Bioconductor / LoomExperiment

A package to read, write, and manipulate loom files using LoomExperiments. Uses the loom file format from the Linnarson Lab. https://linnarssonlab.org/loompy/
https://www.bioconductor.org/packages/LoomExperiment
6 stars 5 forks source link

Is sparse matrix supported for exporting to loom file? #2

Closed nh3 closed 5 years ago

nh3 commented 5 years ago

The example in the vignette seems to be based on dense matrix only.

This is what I did:

> sce <- read10xCounts('test_data', col.names=TRUE)
> scle <- SingleCellLoomExperiment(sce)
> export(scle, 'test.loom')
Error in (function (classes, fdef, mtable)  : 
  unable to find an inherited method for function ‘.exportLoom’ for signature ‘"dgCMatrix"’

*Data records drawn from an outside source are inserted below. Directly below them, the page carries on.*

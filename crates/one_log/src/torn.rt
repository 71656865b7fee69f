//! The log of processes that were killed: their texts mended, up to the greatest cut that is logged
//! whole.
ghost use Rattle.std.specs.Prelude.{◌≡◌, ◌≢◌, length, None, IfOk, OnErr};
ghost use Rattle.event_log.specs.FittingItems.{FitFirst};
ghost use Rattle.event_log.specs.LogText.{log_items};
ghost use Rattle.pota_base.specs.Changes.{of_source};
ghost use Rattle.input_reading.specs.Intakes.{ReadsShort};
ghost use Rattle.log_sources.specs.Reading.{CanMerge};
ghost use Rattle.log_input.specs.declared.form.Form.TheVariants.{OneLog, Merged as MergedForm};
ghost use Rattle.log_input.specs.declared.form.Form.TheVariants.{Clocks};
ghost use Rattle.one_log.specs.inside.Torn.{EndsWhole, IsTornJudged, IsTornAt, HasStoodTorn};
ghost use Rattle.one_log.specs.inside.Torn.{IsMergedTornOf, text_refusal};
ghost use Rattle.torn_text.specs.Mending.{mended};

use event_log::{Item, Log, LogFault, Reader};
use fault_kinds::Refusal;
use filled_log::FilledLog;
use input_reading::{End, Kept, read_all};
use log_input::{Form, Places};
use log_merge::{Merged, merge};
use log_sources::SourceReader;
use pota_base::{List, NoMemory, Refused, Source};
use std::alloc::Global;
use torn_log::{Torn, TornLog, whole_beginning, whole_beginning_of};
use torn_text::mended;

/// A beginning of a run of which everything is logged.
#[derive(Debug, Drop)]
pub struct Beginning {
    /// Its log, all its clocks filled in.
    pub log: Log,
    /// How many logged events of each process it leaves out.
    pub left_out: List<usize>,
}

/// What torn logs are once they were read.
#[derive(Debug, Drop)]
pub enum TornInput {
    /// Bytes of which no fault is due up to the greatest beginning that is logged whole.
    Whole(Beginning),
    /// Bytes of which this fault is due.
    Faulty(Refusal),
    /// Bytes behind which a read failed.
    Failed,
    /// More bytes than a log may have.
    TooLong,
}

// The greatest beginning of the items, or what is refused of it: a fault of an event at its place,
// or else that of the bytes.
fn judge_items(
    alloc: Global,
    items: List<Item>,
    fault: Option<Refusal>,
    places: &Places,
) -> Result<TornInput, NoMemory>
    requires fit { FitFirst items }
    requires whole { EndsWhole items fault }
    ensures { IfOk result (IsTornJudged items fault places.now) }
{
    let torn = whole_beginning(alloc, items)?;
    let Torn { items, left_out } = torn;
    let mut filled = FilledLog::new(alloc);
    match filled.take_all(alloc, items) {
        Ok(()) => {}
        Err(Refused::Fault(found)) => return Ok(TornInput::Faulty(places.place(found))),
        Err(Refused::NoMemory) => return Err(NoMemory),
    }
    match fault {
        Some(why) => Ok(TornInput::Faulty(why)),
        None => {
            let log = filled.into_log();
            Ok(TornInput::Whole(Beginning { log, left_out }))
        }
    }
}

fn text_refusal(fault: Option<LogFault>) -> Option<Refusal>
    ensures { result ≡ text_refusal fault }
{
    match fault {
        Some(fault) => Some(Refusal::Log(fault)),
        None => None,
    }
}

// The mended text of one log.
fn judge_log(alloc: Global, text: &[u8]) -> Result<TornInput, NoMemory>
    ensures { IfOk result (IsTornAt OneLog text.now) }
{
    let mut reader = Reader::new(alloc);
    let fed = reader.feed(text)?;
    let fault = text_refusal(reader.finish());
    judge_items(alloc, fed.items, fault, &Places::Lines)
}

// The same of a log of one batch, without a list of its items.
fn judge_whole(alloc: Global, log: Log, places: &Places) -> Result<TornInput, NoMemory>
    requires batch { length log.batches ≡ 1 }
    requires fit { FitFirst (log_items log) }
    ensures { IfOk result (IsTornJudged (log_items log) None places.now) }
{
    let torn = whole_beginning_of(alloc, log)?;
    let TornLog { log, left_out } = torn;
    let mut filled = FilledLog::new(alloc);
    match filled.take_log(alloc, log) {
        Ok(()) => {
            let log = filled.into_log();
            Ok(TornInput::Whole(Beginning { log, left_out }))
        }
        Err(Refused::Fault(found)) => Ok(TornInput::Faulty(places.place(found))),
        Err(Refused::NoMemory) => Err(NoMemory),
    }
}

// Merges logs of one process each.
fn merge_logs(alloc: Global, logs: &[Log]) -> Result<TornInput, NoMemory>
    requires { CanMerge logs.now }
    ensures { IfOk result (IsMergedTornOf logs.now) }
{
    match merge(alloc, logs) {
        Ok(merged) => {
            let Merged { log, origins } = merged;
            judge_whole(alloc, log, &Places::Origins(origins))
        }
        Err(Refused::Fault(_)) => unreachable!(),
        Err(Refused::NoMemory) => Err(NoMemory),
    }
}

// The mended texts of several logs one behind another.
fn judge_sources(alloc: Global, text: &[u8]) -> Result<TornInput, NoMemory>
    ensures { IfOk result (IsTornAt MergedForm text.now) }
{
    let mut reader = SourceReader::new(alloc);
    reader.feed(text)?;
    match reader.finish() {
        Some(fault) => Ok(TornInput::Faulty(Refusal::Merge(fault))),
        None => {
            let logs = reader.into_logs();
            merge_logs(alloc, logs.as_slice())
        }
    }
}

// Mended texts in this form.
fn judge_text(alloc: Global, form: Form, text: &[u8]) -> Result<TornInput, NoMemory>
    requires { form ≢ Clocks }
    ensures { IfOk result (IsTornAt form text.now) }
{
    match form {
        Form::OneLog => judge_log(alloc, text),
        Form::Merged => judge_sources(alloc, text),
        Form::Clocks => unreachable!(),
    }
}

// Texts with which the input has ended.
fn judge(alloc: Global, form: Form, bytes: &[u8]) -> Result<TornInput, NoMemory>
    requires { form ≢ Clocks }
    ensures { IfOk result (IsTornAt form (mended bytes.now)) }
{
    let text = mended(alloc, bytes)?;
    judge_text(alloc, form, text.as_slice())
}

/// Reads torn logs in this form to the end of the input.
pub fn read_torn<S: Source>(
    alloc: Global,
    form: Form,
    source: &mut S,
) -> Result<TornInput, NoMemory>
    requires { form ≢ Clocks }
    ensures reads { IfOk result (HasStoodTorn form (of_source S.Source source.old source.new)) }
    ensures short { OnErr result (ReadsShort (of_source S.Source source.old source.new)) }
{
    let mut kept = Kept::new(alloc);
    match read_all(alloc, source, &mut kept)? {
        End::Ended => judge(alloc, form, kept.bytes.as_slice()),
        End::Done => Ok(TornInput::TooLong),
        End::Failed => Ok(TornInput::Failed),
    }
}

export() works on the same data if converted to dense matrix:

> assay(scle) <- as.matrix(assay(scle))
> export(scle, 'test_dense.loom')
Warning message:
In h5createDataset(h5loc, name, dim, storage.mode = storage.mode(obj),  :
  You created a large dataset with compression and chunking. The chunk size is equal to the dataset dimensions. If you want to read subsets of the dataset, you should test smaller chunk sizes to improve read times. Turn off this warning with showWarnings=FALSE.

As loom uses a dense representation on disk, perhaps it's not too unreasonable to ask for dense matrices. But loompy does support taking sparse matrices and writing dense to disk. Having to do sparse -> dense conversion in memory is quite limiting.

dvantwisk commented 5 years ago

Thank you for the issue. We are looking into a way to efficiently write Matrix::SparseMatrix objects as dense matrices in the loomfile.

dvantwisk commented 5 years ago

I've pushed a change that I hope addresses your issue. I've added functionality for dgCMatrix in export as well as a few other changes to facilitate its usage. I couldn't use your example since I don't know where test_data comes from, so I've used an examples from DropletUtils.

library(LoomExperiment)
library(DropletUtils)

example(read10xCounts)
scle <- SingleCellLoomExperiment(sce10x2)

temp <- tempfile(fileext = ".loom")
export(scle, temp)
res <- import(temp)

The assay will be given as a HDF5Array::DelayedMatrix in the res object. In export, writeHDF5Array() is used on the dgCMatrix. writeHDF5Array() uses block processing i.e. it expands the sparse matrix block by block before writing each block to the HDF5 file, so this solution should write the dgCMatrix efficiently. Message me back is this solution works.